Merkel, Dreyer, Laschet, Scholz, Steinmeier, Baerbock – sie alle alle waren in den letzten Tagen in entweder in Rheinland-Pfalz oder hier in NRW unterwegs unter dem Vorwand sich „die Schwere der Lage anzuschauen und über Hilfsmaßnahmen zu diskutieren“. Vor allem ging es dabei aber um eins: Imagepflege und Foto-Termine in Gummi-Stiefeln, immerhin stehen in kaum mehr als zwei Monaten, am 26. September, wieder Bundestagswahlen an.

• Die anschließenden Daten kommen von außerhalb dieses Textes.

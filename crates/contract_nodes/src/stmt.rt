// Statements.
ghost use Rattle.definitions.specs.Grammar.{Class};
ghost use Rattle.contract_nodes.specs.Ready.{RecordStands, StandAll};

use crate::contract::Contract;
use crate::expr::{Expr, Exprs};
use format::{HEAD, KIND, LENGTH_BYTES, contract, kinds};
use ir::Name;
use reader::{read, read_u16};

// A statement by the place of its record.
#[derive(Clone, Copy)]
pub struct Stmt<'a> {
    pub contract: Contract<'a>,
    pub at: usize,
    pub depth: usize,
    pub ghost ready: { RecordStands Class.statement contract.sheet.now at depth },
}

// Statements that stand from a place to an end: those of a function, an arm or a body.
#[derive(Clone, Copy)]
pub struct Stmts<'a> {
    pub contract: Contract<'a>,
    pub at: usize,
    pub end: usize,
    pub depth: usize,
    pub ghost ready: { StandAll Class.statement contract.sheet.now at end depth },
}

// What a statement is (`Stmt` of `ast.rs`). An If without a second arm has one without statements: both walks
// do the same for the two.
#[derive(Clone, Copy)]
pub enum StmtNode<'a> {
    Let(Name, Expr<'a>),
    If(Expr<'a>, Stmts<'a>, Stmts<'a>),
    While(Expr<'a>, Stmts<'a>),
    For(Name, Expr<'a>, Expr<'a>, Stmts<'a>),
    Simple(SimpleNode<'a>),
}

// A statement that has no statements in it and makes no name known.
#[derive(Clone, Copy)]
pub enum SimpleNode<'a> {
    Constrain(Expr<'a>),
    Assign(Name, Expr<'a>),
    StorageWrite(Name, Expr<'a>),
    MappingWrite(Name, Expr<'a>, Expr<'a>),
    Return(Option<Expr<'a>>),
    Emit(Name, Exprs<'a>),
    Expr(Expr<'a>),
}

impl<'a> Stmt<'a> {
    ghost use Rattle.std.specs.Prelude.{◌≡◌, ◌+◌, ◌≤◌, length};
    ghost use Rattle.definitions.specs.Fields.{le};
    ghost use Rattle.format.specs.Kinds.{stmt_number};
    ghost use Rattle.format.specs.declared.kinds.Stmt.TheVariants as kind;
    ghost use Rattle.sheet.specs.Passed.{record_kind, stop_of};
    ghost use Rattle.contract_nodes.specs.ByKind.{StmtByKind};
    ghost use Rattle.contract_nodes.specs.Nodes.{StmtIs, StmtParts};

    fn kind(self) -> kinds::Stmt
        ensures is { stmt_number result ≡ record_kind self.entry.contract.sheet.now self.entry.at }
        ensures here { StmtByKind self.entry.contract.sheet.now self.entry.at self.entry.depth result }
        ensures deep { 1 ≤ self.entry.depth }
    {
        kinds::Stmt::try_from(read_u16(self.contract.sheet, self.at + KIND)).unwrap()
    }

    // Its name, if its kind has one.
    fn name(self) -> Name
        requires { self.at + 8 ≤ length self.contract.sheet.now }
        ensures { result.0 ≡ le 2 self.entry.contract.sheet.now (self.entry.at + 6) }
    {
        Name::new(read_u16(self.contract.sheet, self.at + contract::NAME))
    }

    // The place behind its record.
    fn end(self) -> usize
        ensures { result ≡ stop_of self.entry.contract.sheet.now self.entry.at }
    {
        self.at + read(self.contract.sheet, self.at, LENGTH_BYTES)
    }

    // What it is. Inlined, as that of an expression is.
    #[inline(always)]
    pub fn node(self) -> StmtNode<'a>
        ensures is { StmtIs self.entry result }
        ensures parts { StmtParts self.entry result }
    {
        let contract = self.contract;
        let s = contract.sheet;
        let first = self.at + HEAD;
        let at = self.at + contract::AFTER_NAME;
        let kind = self.kind();
        let depth = self.depth - 1;
        match kind {
            kinds::Stmt::Let => StmtNode::Let(self.name(), Expr::new(contract, at, depth)),
            kinds::Stmt::Constrain => {
                StmtNode::Simple(SimpleNode::Constrain(Expr::new(contract, first, depth)))
            }
            kinds::Stmt::Assign => {
                let value = Expr::new(contract, at, depth);
                StmtNode::Simple(SimpleNode::Assign(self.name(), value))
            }
            kinds::Stmt::StorageWrite => {
                let value = Expr::new(contract, at, depth);
                StmtNode::Simple(SimpleNode::StorageWrite(self.name(), value))
            }
            kinds::Stmt::MappingWrite => {
                let key = Expr::new(contract, at, depth);
                let value = Expr::new(contract, at + read(s, at, LENGTH_BYTES), depth);
                StmtNode::Simple(SimpleNode::MappingWrite(self.name(), key, value))
            }
            kinds::Stmt::If => self.if_node(),
            kinds::Stmt::While => self.while_node(),
            kinds::Stmt::For => self.for_node(),
            kinds::Stmt::Return => self.return_node(),
            kinds::Stmt::Emit => self.emit_node(),
            kinds::Stmt::Expr => {
                StmtNode::Simple(SimpleNode::Expr(Expr::new(contract, first, depth)))
            }
        }
    }

    // An If: its condition, its block, and perhaps a second block.
    fn if_node(self) -> StmtNode<'a>
        requires { StmtByKind self.contract.sheet.now self.at self.depth kind.If }
        ensures is { StmtIs self.entry result }
        ensures parts { StmtParts self.entry result }
    {
        let contract = self.contract;
        let s = contract.sheet;
        let at = self.at + HEAD;
        let block = at + read(s, at, LENGTH_BYTES);
        let stop = block + read(s, block, LENGTH_BYTES);
        let end = self.end();
        let other = if stop < end { stop + HEAD } else { end };
        let condition = Expr::new(contract, at, self.depth - 1);
        let then = Stmts::new(contract, block + HEAD, stop, self.depth - 2);
        let otherwise = Stmts::new(contract, other, end, self.depth - 2);
        StmtNode::If(condition, then, otherwise)
    }

    // A While: its condition and its block.
    fn while_node(self) -> StmtNode<'a>
        requires { StmtByKind self.contract.sheet.now self.at self.depth kind.While }
        ensures is { StmtIs self.entry result }
        ensures parts { StmtParts self.entry result }
    {
        let contract = self.contract;
        let at = self.at + HEAD;
        let block = at + read(contract.sheet, at, LENGTH_BYTES);
        let condition = Expr::new(contract, at, self.depth - 1);
        let body = Stmts::new(contract, block + HEAD, self.end(), self.depth - 2);
        StmtNode::While(condition, body)
    }

    // A For: its variable, where it starts, where it ends, and its block.
    fn for_node(self) -> StmtNode<'a>
        requires { StmtByKind self.contract.sheet.now self.at self.depth kind.For }
        ensures is { StmtIs self.entry result }
        ensures parts { StmtParts self.entry result }
    {
        let contract = self.contract;
        let s = contract.sheet;
        let from = self.at + contract::AFTER_NAME;
        let to = from + read(s, from, LENGTH_BYTES);
        let block = to + read(s, to, LENGTH_BYTES);
        let first = Expr::new(contract, from, self.depth - 1);
        let last = Expr::new(contract, to, self.depth - 1);
        let body = Stmts::new(contract, block + HEAD, self.end(), self.depth - 2);
        StmtNode::For(self.name(), first, last, body)
    }

    // A Return: its value, if it has one.
    fn return_node(self) -> StmtNode<'a>
        requires here { StmtByKind self.contract.sheet.now self.at self.depth kind.Return }
        requires deep { 1 ≤ self.depth }
        ensures is { StmtIs self.entry result }
        ensures parts { StmtParts self.entry result }
    {
        let at = self.at + HEAD;
        if self.end() <= at {
            return StmtNode::Simple(SimpleNode::Return(None));
        }
        let value = Expr::new(self.contract, at, self.depth - 1);
        StmtNode::Simple(SimpleNode::Return(Some(value)))
    }

    // An Emit: its name and its arguments.
    fn emit_node(self) -> StmtNode<'a>
        requires here { StmtByKind self.contract.sheet.now self.at self.depth kind.Emit }
        requires deep { 1 ≤ self.depth }
        ensures is { StmtIs self.entry result }
        ensures parts { StmtParts self.entry result }
    {
        let args = Exprs {
            contract: self.contract,
            at: self.at + contract::AFTER_NAME,
            end: self.end(),
            depth: self.depth - 1,
        };
        StmtNode::Simple(SimpleNode::Emit(self.name(), args))
    }
}

impl<'a> Stmts<'a> {
    ghost use Rattle.std.specs.Prelude.{◌≡◌};
    ghost use Rattle.contract_nodes.specs.Ready.{stmts_from};
    ghost use Rattle.contract_nodes.specs.Nodes.{stmts_in};

    // The statements from a place to an end.
    fn new(contract: Contract<'a>, at: usize, end: usize, depth: usize) -> Self
        requires { StandAll Class.statement contract.sheet.now at end depth }
        ensures is { stmts_in result ≡ stmts_from contract.entry.sheet.now at end }
        ensures same_sheet { result.contract.sheet.now ≡ contract.entry.sheet.now }
        ensures span { (result.at ≡ at) × (result.end ≡ end) }
        ensures depth { result.depth ≡ depth }
    {
        Stmts {
            contract,
            at,
            end,
            depth,
        }
    }
}

impl<'a> Iterator for Stmts<'a> {
    ghost use Rattle.std.specs.Prelude.{◌-◌};
    ghost use Rattle.std.specs.Iterator.{at_most};
    ghost use Rattle.contract_nodes.specs.Nodes.{TakesStmt};

    type Item = Stmt<'a>;

    ghost next_gives = { TakesStmt };

    ghost remaining = { λ l. at_most (l.end - l.at) };

    fn next(&mut self) -> Option<Stmt<'a>> {
        if self.end <= self.at {
            return None;
        }
        let stmt = Stmt {
            contract: self.contract,
            at: self.at,
            depth: self.depth,
        };
        self.at += read(self.contract.sheet, self.at, LENGTH_BYTES);
        Some(stmt)
    }
}
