// The contract, its structs and its functions.
ghost use Rattle.std.specs.Prelude.{◌+◌, ◌*◌, ◌≤◌, length};
ghost use Rattle.definitions.specs.Grammar.{Class};
ghost use Rattle.sheet.specs.Passed.{ContractPassed};
ghost use Rattle.contract_nodes.specs.Ready.{RecordStands, top_depth};

use crate::stmt::Stmts;
use format::{COUNT, LENGTH_BYTES, contract};
use ir::Name;
use reader::{read, read_u16};
use sheet::ContractError;
use sheet::places::opt_id;

// A contract sheet that passed its check.
#[derive(Clone, Copy)]
pub struct Contract<'a> {
    pub sheet: &'a [u8],
    pub ghost passed: { ContractPassed sheet.now },
}

// A struct of it, by the place of its record.
#[derive(Clone, Copy)]
pub struct Struct<'a> {
    pub contract: Contract<'a>,
    pub at: usize,
    pub ghost ready: { RecordStands Class.struct contract.sheet.now at top_depth },
}

// A function of it.
#[derive(Clone, Copy)]
pub struct Function<'a> {
    pub contract: Contract<'a>,
    pub at: usize,
    pub ghost ready: { RecordStands Class.function contract.sheet.now at top_depth },
}

// A field of a struct, or a parameter of a function: its name, and its type's.
#[derive(Clone, Copy)]
pub struct Param {
    pub name: Name,
    pub ty: Name,
}

// The fields of a struct or the parameters of a function, from a place on.
#[derive(Clone, Copy)]
pub struct ParamIter<'a> {
    pub contract: Contract<'a>,
    pub at: usize,
    pub left: usize,
    pub ghost inside: { at + 4 * left ≤ length contract.sheet.now },
}

impl<'a> Contract<'a> {
    ghost use Rattle.std.specs.Prelude.{◌≡◌, IfOk};
    ghost use Rattle.definitions.specs.Answers.{check_contract};
    ghost use Rattle.ir.specs.Answers.{result_of};
    ghost use Rattle.sheet.specs.Forms.{refusal_of};
    ghost use Rattle.contract_nodes.specs.Nodes.{checked};

    // The contract of a sheet: refusals 1, 3 and 4, in this order.
    pub fn new(sheet: &'a [u8]) -> Result<Self, ContractError>
        ensures is { result_of refusal_of checked result ≡ check_contract sheet.now }
        ensures same_sheet { IfOk result (λ c. c.sheet.now ≡ sheet.now) }
    {
        sheet::check_contract(sheet)?;
        Ok(Contract { sheet })
    }
}

impl<'a> Struct<'a> {
    ghost use Rattle.std.specs.Prelude.{◌≡◌};
    ghost use Rattle.contract_nodes.specs.Nodes.{struct_in, params_left};

    pub fn name(self) -> Name
        ensures { result.0 ≡ (struct_in self.entry).name }
    {
        let at = self.at + contract::NAME;
        Name::new(read_u16(self.contract.sheet, at))
    }

    // Its fields.
    pub fn fields(self) -> ParamIter<'a>
        ensures is { params_left result ≡ (struct_in self.entry).fields }
        ensures most { result.left ≤ 64 }
    {
        let size = read(self.contract.sheet, self.at, LENGTH_BYTES);
        ParamIter {
            contract: self.contract,
            at: self.at + contract::AFTER_NAME,
            left: (size - contract::AFTER_NAME) / contract::PARAM,
        }
    }
}

impl<'a> Function<'a> {
    ghost use Rattle.std.specs.Prelude.{◌≡◌, ◌<◌};
    ghost use Rattle.contract_nodes.specs.Nodes.{function_in, stmts_in, params_left, param_is, opt_name};

    pub fn name(self) -> Name
        ensures { result.0 ≡ (function_in self.entry).name }
    {
        Name::new(read_u16(self.contract.sheet, self.at + contract::NAME))
    }

    // Its return type's name, if it has one.
    pub fn return_type(self) -> Option<Name>
        ensures { opt_name result ≡ (function_in self.entry).return_type }
    {
        opt_id(self.contract.sheet, self.at + contract::RETURN_TYPE).map(Name::new)
    }

    // How many parameters it has.
    pub fn param_count(self) -> usize
        ensures count { result ≡ length (function_in self.entry).params }
        ensures most { result ≤ 16 }
    {
        read(self.contract.sheet, self.at + contract::PARAM_COUNT, COUNT)
    }

    // The i-th parameter.
    pub fn param(self, i: usize) -> Param
        requires { i < length (function_in self).params }
        ensures { param_is result (function_in self.entry).params i }
    {
        Param::new(
            self.contract.sheet,
            self.at + contract::PARAMS + contract::PARAM * i,
        )
    }

    // Its parameters.
    pub fn params(self) -> ParamIter<'a>
        ensures is { params_left result ≡ (function_in self.entry).params }
        ensures most { result.left ≤ 16 }
    {
        ParamIter {
            contract: self.contract,
            at: self.at + contract::PARAMS,
            left: self.param_count(),
        }
    }

    // Its statements.
    pub fn body(self) -> Stmts<'a>
        ensures is { stmts_in result ≡ (function_in self.entry).body }
        ensures same_sheet { result.contract.sheet.now ≡ self.entry.contract.sheet.now }
        ensures depth { result.depth ≡ 38 }
        ensures place { (self.entry.at + 14 ≤ result.at) × (result.end ≤ 32768) }
    {
        let s = self.contract.sheet;
        Stmts {
            contract: self.contract,
            at: self.at + contract::PARAMS + contract::PARAM * self.param_count(),
            end: self.at + read(s, self.at, LENGTH_BYTES),
            depth: contract::FUNCTION_DEPTH - 1,
        }
    }
}

impl Param {
    ghost use Rattle.std.specs.Prelude.{◌≡◌};
    ghost use Rattle.definitions.specs.Fields.{le};

    // The pair at a place.
    fn new(s: &[u8], at: usize) -> Self
        requires { at + 4 ≤ length s.now }
        ensures { (result.name.0 ≡ le 2 s.now at) × (result.ty.0 ≡ le 2 s.now (at + 2)) }
    {
        Param {
            name: Name::new(read_u16(s, at)),
            ty: Name::new(read_u16(s, at + contract::PARAM_TYPE)),
        }
    }
}

impl Iterator for ParamIter<'_> {
    ghost use Rattle.std.specs.Iterator.{at_most};
    ghost use Rattle.contract_nodes.specs.Nodes.{TakesNextParam};

    type Item = Param;

    ghost next_gives = { TakesNextParam };

    ghost remaining = { λ w. at_most w.left };

    fn next(&mut self) -> Option<Param> {
        self.left = self.left.checked_sub(1)?;
        let param = Param::new(self.contract.sheet, self.at);
        self.at += contract::PARAM;
        Some(param)
    }
}

impl DoubleEndedIterator for ParamIter<'_> {
    ghost use Rattle.contract_nodes.specs.Nodes.{TakesLastParam};

    ghost next_back_gives = { TakesLastParam };

    fn next_back(&mut self) -> Option<Param> {
        self.left = self.left.checked_sub(1)?;
        let last = self.at + contract::PARAM * self.left;
        Some(Param::new(self.contract.sheet, last))
    }
}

Bei uns in NRW, einem der beiden am stärksten von dem Hochwasser betroffenen Bundesländern mit mindestens 47 Toten, sticht dabei natürlich vor allem Laschet heraus. Als Ministerpräsident des Bundeslandes und Kanzlerkandidat der Union versucht er sich aktuell als großer Krisenmanager in Szene zu setzen. Doch seine Stippvisiten in Orten wie Altena oder Hagen wirken vielmehr wie Pflichttermine, die er als Ministerpräsident durchführen muss, obwohl er sich selbst eigentlich jetzt schon als Kanzler, d.h. auf Bundesebene, sieht: Beim gemeinsamen Pressetermin mit Steinmeier machte er, vor laufender Kamera, im Hintergrund Späßchen und musste so stark lachen, dass er sich auf die Zunge biss. Selbst in seinen Fotos mit Gummi-Stiefeln sieht man ihm an, dass er kaum versucht so auszusehen, als wäre er wirklich dort um zu helfen. Während Schröder 2002 noch in grüner Regenjacke kam und Merkel für ihren Wahlkampf 2013 zum Pressetermin noch einen Sandsack in die Hand nahm (damals flutete die Elbe, u.a. in Dresden) steht Laschet in makellosen Anzughosen im Hochwassergebiet und versucht gleichzeitig so zu tun als gehöre er dort hin und als wäre er die Kompetenz was Katastrophen anbelange.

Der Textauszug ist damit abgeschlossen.